The bed in my room, and I'm sure in all the other rooms in the hotel le Priori, is very comfortable, but it was with a sense of optimism that I jumped out of it yesterday morning. [That's a bit strong isn't it - jumped?] OK, it was with a sense of optimism that I rolled out of it yesterday morning. [That's more accurate!] Lots of exploring to do, possibly some shopping, possibly some food, possibly some quebecoise beer.

So, into the shower cubicle for morning ablutions. Hello, hello what's this then - nice big shower head, and then two more pipes just sticking out of the walls, one which would cause a nasty injury to the small of the back if you weren't too careful, and another, on the wall opposite, below the main shower head, and a little lower down which could really do you an injury if you weren't careful. Strange, to have unfinished plumbing in such a pleasant hotel room. Turn on the shower as quickly as possible, to get past the cold blast of water.
"TABARN!!!!! Calis!", as they might exclaim here in Quebec. "Sh*te!!" as one might exclaim back in north east England. Not one, not two, but three jets of icy cold water hit me simultaneously - there was no escape! One on my head, one in the small of my back, and the other in a place which I am much too refined to detail!

They probably heard my scream across the St.Laurence in Levis. Pinned up against the one wall where there wasn't a pipe delivering 40000 litres of icy water per second, I managed to reach across and turn the shower control a further 45 degrees, thus allowing a figurative gulf stream to warm the waters of the polar regions from whence it must surely have originated. The rest of the showering went without a hitch, but, and this where the excitement of the day reached another level of heightenment. [There's a word you don't often hear, but carry on.]

Those of a delicate nature, or who might faint at the mention of blood, should miss out this next paragraph. I wouldn't want the responsibility of causing further injury, and being sued for damages. The offending paragraph will be italised, for your convenience.
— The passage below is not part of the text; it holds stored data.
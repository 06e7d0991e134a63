//! The places of a circuit: its streams at this relay.

ghost use Rattle.std.specs.Prelude.{◌≡◌, ◌≤◌, ◌==◌, ◌&&◌, IfOk, length, filter, find, option_map, slice_get};
ghost use Rattle.circuit_model.specs.Places.{place_of, connects, frees, closes_place, is_connected, is_ended, is_freed, phase, is_live, is_taken_phase, places, place_at, live_place, taken_places};
ghost use Rattle.plain_circuit.specs.Values.{log_of};

use crate::log::Entry;
use circuit_model::{Event, Order, Phase, Place};
use std::alloc::{AllocError, Global};

fn connects(serial: usize, event: &Event) -> bool
    ensures { result ≡ connects serial event.now }
{
    matches!(event, Event::Connected(n) if *n == serial)
}

fn frees(serial: usize, event: &Event) -> bool
    ensures { result ≡ frees serial event.now }
{
    matches!(event, Event::Freed(n) if *n == serial)
}

fn closes_place(serial: usize, order: &Option<Order>) -> bool
    ensures { result ≡ closes_place serial order.now }
{
    matches!(order, Some(Order::Close(key, _)) if key.serial == serial)
}

fn is_connected(log: &[Entry<'_>], serial: usize) -> bool
    ensures { result ≡ is_connected (log_of log.now) serial }
{
    let mut has_report = false;
    for entry in log {
        if connects(serial, entry.event) {
            has_report = true;
        }
    }
    has_report
}

fn is_ended(log: &[Entry<'_>], serial: usize) -> bool
    ensures { result ≡ is_ended (log_of log.now) serial }
{
    let mut has_close = false;
    for entry in log {
        if closes_place(serial, &entry.effects.edge) {
            has_close = true;
        }
    }
    has_close
}

fn is_freed(log: &[Entry<'_>], serial: usize) -> bool
    ensures { result ≡ is_freed (log_of log.now) serial }
{
    let mut has_freed = false;
    for entry in log {
        if frees(serial, entry.event) {
            has_freed = true;
        }
    }
    has_freed
}

/// The phase of a place that was made.
#[tactic(auto, unfolding(circuit_model::specs::Places::phase))]
pub fn phase_at(log: &[Entry<'_>], serial: usize) -> Phase
    ensures { result ≡ phase (log_of log.now) serial }
{
    if is_freed(log, serial) {
        Phase::Free
    } else if is_ended(log, serial) {
        Phase::Ending
    } else if is_connected(log, serial) {
        Phase::Joined
    } else {
        Phase::Reaching
    }
}

fn is_live(log: &[Entry<'_>], place: &Place) -> bool
    ensures { result ≡ is_live (log_of log.now) place.now }
{
    matches!(
        phase_at(log, place.key.serial),
        Phase::Reaching | Phase::Joined
    )
}

fn is_taken(log: &[Entry<'_>], place: &Place) -> bool
    ensures { result ≡ is_taken_phase (phase (log_of log.now) place.now.key.serial) }
{
    !matches!(phase_at(log, place.key.serial), Phase::Free)
}

/// A Reach order makes a place.
fn place_made(order: &Option<Order>) -> Option<Place>
    ensures { result ≡ place_of order.now }
{
    match order {
        Some(Order::Reach(key, to)) => Some(Place { key: *key, to: *to }),
        _ => None,
    }
}

/// All places, in the order of their BEGINs.
pub fn places(alloc: Global, log: &[Entry<'_>]) -> Result<Vec<Place>, AllocError>
    ensures { IfOk result (λ all. all.items ≡ places (log_of log.now)) }
{
    let mut places = Vec::new(alloc);
    for entry in log {
        if let Some(place) = place_made(&entry.effects.edge) {
            places.push(place)?;
        }
    }
    Ok(places)
}

/// The first of these places that is live with this StreamID.
fn live_among(log: &[Entry<'_>], places: &[Place], stream: u16) -> Option<usize>
    ensures { result ≡ option_map (λ place. place.key.serial)
        (find (λ place. (place.key.stream == stream) && is_live (log_of log.now) place) places.now) }
{
    let (place, rest) = places.split_first()?;
    if place.key.stream == stream && is_live(log, place) {
        Some(place.key.serial)
    } else {
        live_among(log, rest, stream)
    }
}

/// The serial of the place at which a StreamID is live.
#[tactic(auto, unfolding(circuit_model::specs::Places::live_place))]
pub fn live_place(
    alloc: Global,
    log: &[Entry<'_>],
    stream: u16,
) -> Result<Option<usize>, AllocError>
    ensures { IfOk result (λ serial. serial ≡ live_place (log_of log.now) stream) }
{
    let places = places(alloc, log)?;
    Ok(live_among(log, &places, stream))
}

/// How many of these places are taken.
fn taken_among(log: &[Entry<'_>], places: &[Place]) -> usize
    ensures taken { result ≡ length (filter (λ place. is_taken_phase (phase (log_of log.now) place.key.serial)) places.now) }
    ensures bound { result ≤ length places.now }
{
    let Some((place, rest)) = places.split_first() else {
        return 0;
    };
    let others = taken_among(log, rest);
    if is_taken(log, place) {
        others + 1
    } else {
        others
    }
}

/// How many places are taken.
#[tactic(auto, unfolding(circuit_model::specs::Places::taken_places))]
pub fn taken_places(alloc: Global, log: &[Entry<'_>]) -> Result<usize, AllocError>
    ensures { IfOk result (λ count. count ≡ taken_places (log_of log.now)) }
{
    let places = places(alloc, log)?;
    Ok(taken_among(log, &places))
}

/// How many places were made.
pub fn place_count(alloc: Global, log: &[Entry<'_>]) -> Result<usize, AllocError>
    ensures { IfOk result (λ count. count ≡ length (places (log_of log.now))) }
{
    let places = places(alloc, log)?;
    Ok(places.len())
}

/// The place with this number in the list.
fn place_among(places: &[Place], serial: usize) -> Option<Place>
    ensures { result ≡ slice_get places.now serial }
{
    places.get(serial).copied()
}

/// The place with this serial.
pub fn place_at(
    alloc: Global,
    log: &[Entry<'_>],
    serial: usize,
) -> Result<Option<Place>, AllocError>
    ensures { IfOk result (λ place. place ≡ place_at (log_of log.now) serial) }
{
    let places = places(alloc, log)?;
    Ok(place_among(&places, serial))
}
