//! What the edge reports of a place.

ghost use Rattle.std.specs.Prelude.{◌≡◌, IfOk};
ghost use Rattle.circuit_model.specs.Streams.{connected_effects, edge_data_effects, ended_effects, drained_effects};
ghost use Rattle.plain_circuit.specs.Values.{log_of};

use crate::log::Entry;
use crate::packaged::packaging;
use crate::streams::{TIME_TO_LIVE, ending};
use crate::windows::{STREAM_STEP, drained_count};
use circuit_model::{Effects, Order, Payload, Place};
use relay_cell::{connected_body, data_body, stream_sendme_body};
use std::alloc::{AllocError, Global};

/// The place's connection is made.
#[tactic(auto, using(tor_spec::proofs::Fitting::body_fits, tor_spec::proofs::Fitting::address_fits))]
pub fn connected_effects(
    alloc: Global,
    log: &[Entry<'_>],
    place: Option<Place>,
) -> Result<Effects, AllocError>
    ensures { IfOk result (λ effects. effects ≡ connected_effects (log_of log.now) place) }
{
    match place {
        Some(place) => packaging(
            alloc,
            log,
            &connected_body(place.key.stream, place.to.ip, TIME_TO_LIVE),
        ),
        None => Ok(Effects::none()),
    }
}

/// The place's connection gave bytes.
#[tactic(auto, using(tor_spec::proofs::Bodies::relay_body_fits))]
pub fn edge_data_effects(
    alloc: Global,
    log: &[Entry<'_>],
    bytes: &Payload,
    place: Option<Place>,
) -> Result<Effects, AllocError>
    ensures { IfOk result (λ effects. effects ≡ edge_data_effects (log_of log.now) bytes.now place) }
{
    match place {
        Some(place) => packaging(alloc, log, &data_body(place.key.stream, bytes.as_slice())),
        None => Ok(Effects::none()),
    }
}

/// The place's connection ended.
pub fn ended_effects(
    alloc: Global,
    log: &[Entry<'_>],
    reason: u8,
    place: Option<Place>,
) -> Result<Effects, AllocError>
    ensures { IfOk result (λ effects. effects ≡ ended_effects (log_of log.now) reason place) }
{
    let Some(place) = place else {
        return Ok(Effects::none());
    };
    let end_effects = ending(alloc, log, place.key.stream, reason)?;
    Ok(Effects {
        edge: Some(Order::Close(place.key, reason)),
        ..end_effects
    })
}

/// The place's connection has taken one more DATA.
#[tactic(auto, using(tor_spec::proofs::Bodies::relay_body_fits))]
pub fn drained_effects(
    alloc: Global,
    log: &[Entry<'_>],
    place: Option<Place>,
) -> Result<Effects, AllocError>
    ensures { IfOk result (λ effects. effects ≡ drained_effects (log_of log.now) place) }
{
    let Some(place) = place else {
        return Ok(Effects::none());
    };
    if (drained_count(log, place.key.serial) as u128 + 1) % STREAM_STEP == 0 {
        packaging(alloc, log, &stream_sendme_body(place.key.stream))
    } else {
        Ok(Effects::none())
    }
}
As I was drying myself after the invigorating shower recently described, I had one of those "Oh no!" moments. Oh dear, a smear of blood on the towel. Perhaps a small nose bleed? No. Perhaps a previously unnoticed finger cut? No. Hmm. Drip. [Drip, what do you mean drip?] Drip. Oh look, on the floor, blood. There's no one else here, so it must be mine. Nothing untoward in the head or upper body regions. God, I'm bleeding to death from somewhere in the nether regions! A tentative exploratory investigation resulted in a hand covered in the red stuff. Drip. Aaagh!! Will I live to see Luce on Saturday?  Further investigation detected the source of this massive blood loss [oh come on, it was hardly 'massive']. OK, not massive, but it just wouldn't stop, and it would be difficult to stick on an elastoplast! At this point for those curious enough to wonder about the source of this... considerable blood loss, and who might also enjoy a word puzzle - rearrange "sumcort". I knew I should have filed down that broken finger nail!

Breakfast went well apart from losing two blood-stained wads of tissue down my left trouser leg as I approached my table.

The rest of the day turned out to be much more enjoyable, and because I am about to be turned out of my hotel room, I will leave that until later.